Wound healing complications were 7/42 (17%) in group A and 1/34 (3%) in group B. No patient had deep osseous infection or foot rebound compartment syndrome. Preoperative size of Böhler's angle correlated with postoperative clinical results in both groups. There were no late complications necessitating corrective procedure or arthroscopy until December 2008 in Group B. All late complications ccurred in Group A. The overall results according to the AOFAS Ankle Hindfoot Scale were good or excellent in 23/42 (55%) in group A and in 30/34 (85%) in group B.

Conclusion:

Open reduction and internal fixation of intra-articular calcaneal fractures has become a standard surgical method. Fewer complications and better results related to treatment with locking compression plates confirmed in comparison to nonlocking ones were noted for all Sanders types of intra-articular calcaneal fractures. Age and Sanders type IV fractures are not considered to be the contraindications to surgery.
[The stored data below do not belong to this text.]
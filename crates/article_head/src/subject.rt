// The subject of a part's article.
ghost use Rattle.std.specs.Prelude.{◌≡◌, ◌≤◌, ◌+◌, ◌++◌, length, take, OnOk, OnErr};
ghost use Rattle.article_head.specs.Field.{IsComment, IsFileName};
ghost use Rattle.article_head.specs.Subject.{comment_text, subject_text};

use crate::field::ROOM;
use lists::{Bytes, Memory};
use numbers::{put, put_number};

/// Appends the subject of a part's article, as `COMMENT "NAME" yEnc (PART/TOTAL)`, or without the comment and the space
/// behind it where the comment is empty (yEnc draft 1.3, "Subject Line Conventions"). Where memory runs out, the bytes
/// are as they were.
///
/// The comment is 0 to 200 printable ASCII characters and the name 1 to 255, neither with a space at an end.
pub fn write_subject(
    comment: &[u8],
    name: &[u8],
    part: u32,
    total: u32,
    out: &mut Bytes,
) -> Result<(), Memory>
    requires comment { IsComment comment.now }
    requires name { IsFileName name.now }
    ensures ok { OnOk result (out.new ≡ out.old ++ subject_text comment.now name.now part total) }
    ensures err { OnErr result (out.new ≡ out.old) }
{
    let mut text = [0; ROOM];
    let len = put_subject(&mut text, 0, comment, name, part, total);
    out.extend(&text[..len])
}

// Puts the subject behind the first `at` bytes of a line, and answers where it ends.
#[tactic(auto, unfolding(crate::specs::Subject::subject_text))]
pub(crate) fn put_subject(
    line: &mut [u8; ROOM],
    at: usize,
    comment: &[u8],
    name: &[u8],
    part: u32,
    total: u32,
) -> usize
    requires at { at ≤ 16 }
    requires comment { length comment.now ≤ 200 }
    requires name { length name.now ≤ 255 }
    ensures text { take result line.new ≡ take at line.old ++ subject_text comment.now name.now part total }
    ensures end { result ≤ 600 }
{
    let at = put_comment(line, at, comment);
    let at = put(line, at, b"\"");
    let at = put(line, at, name);
    let at = put(line, at, b"\" yEnc (");
    let at = put_number(line, at, u64::from(part));
    let at = put(line, at, b"/");
    let at = put_number(line, at, u64::from(total));
    put(line, at, b")")
}

// Puts a comment and the space behind it, or nothing where there is no comment.
fn put_comment(line: &mut [u8; ROOM], at: usize, comment: &[u8]) -> usize
    requires at { at ≤ 16 }
    requires comment { length comment.now ≤ 200 }
    ensures text { take result line.new ≡ take at line.old ++ comment_text comment.now }
    ensures end { result ≤ at + 201 }
{
    if comment.is_empty() {
        return at;
    }
    let at = put(line, at, comment);
    put(line, at, b" ")
}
Keywords: Calcaneal plate, intra-articular calcaneal fracture, lateral extensile approach

INTRODUCTION

Calcaneal fractures are relatively rare injuries, with reported occurrence of 2% of all fractures. The intra-articular types constitute to 75% of calcaneal fractures.1,2 These fractures originate due to axial force in axis of crus when processus lateralis tali impacts as a hammer on the area of Gissane's angle (G-angle) vertex and thus breaks through the posterior articular facet [Figure 1]. The functional sequelae of the foot are serious, and therapy is economically demanding.13 The treatment strategy of calcaneal fractures and their complications have been extensively reported. Despite it being a subject of debate, open reduction and internal fixation of displaced fractures is generally preferred.125

Figure 1.

Figure 1

Direction of axial force to the vertex of the Gissane's angle and formation of the typical supralateral fragment due to articular facet break-through. Blue line – secondary fracture line

Plate osteosynthesis of the intra-articular fractures is a standard treatment method, but it has potential complications such as poor wound healing and infection. The complications of wound healing occur because of not enough precisely performed incisions. Calcaneal shape restoration by means of open reduction internal fixation (ORIF) or primary subtalar arthrodesis if needed is mandatory prevention of late complications such as malposition, flattening of the longitudinal arch, anterior ankle impingement syndrome, lateral impingement syndrome, and axial malalignment of the hind foot1,3,5,8,12,16,21,26. The locking compression plate (LCP) has improved the functional results, limited the indications for bone grafting, and shortened the treatment. The purpose of our study is to compare the functional results and complications of fractures treated with calcaneal nonlocking plates and locking compression plates.

MATERIALS AND METHODS

76 intra-articular calcaneal fractures in 67 patients (9 simultaneous bilateral fractures) were treated by means of open reduction and internal plate fixation from February 2004 to October 2007.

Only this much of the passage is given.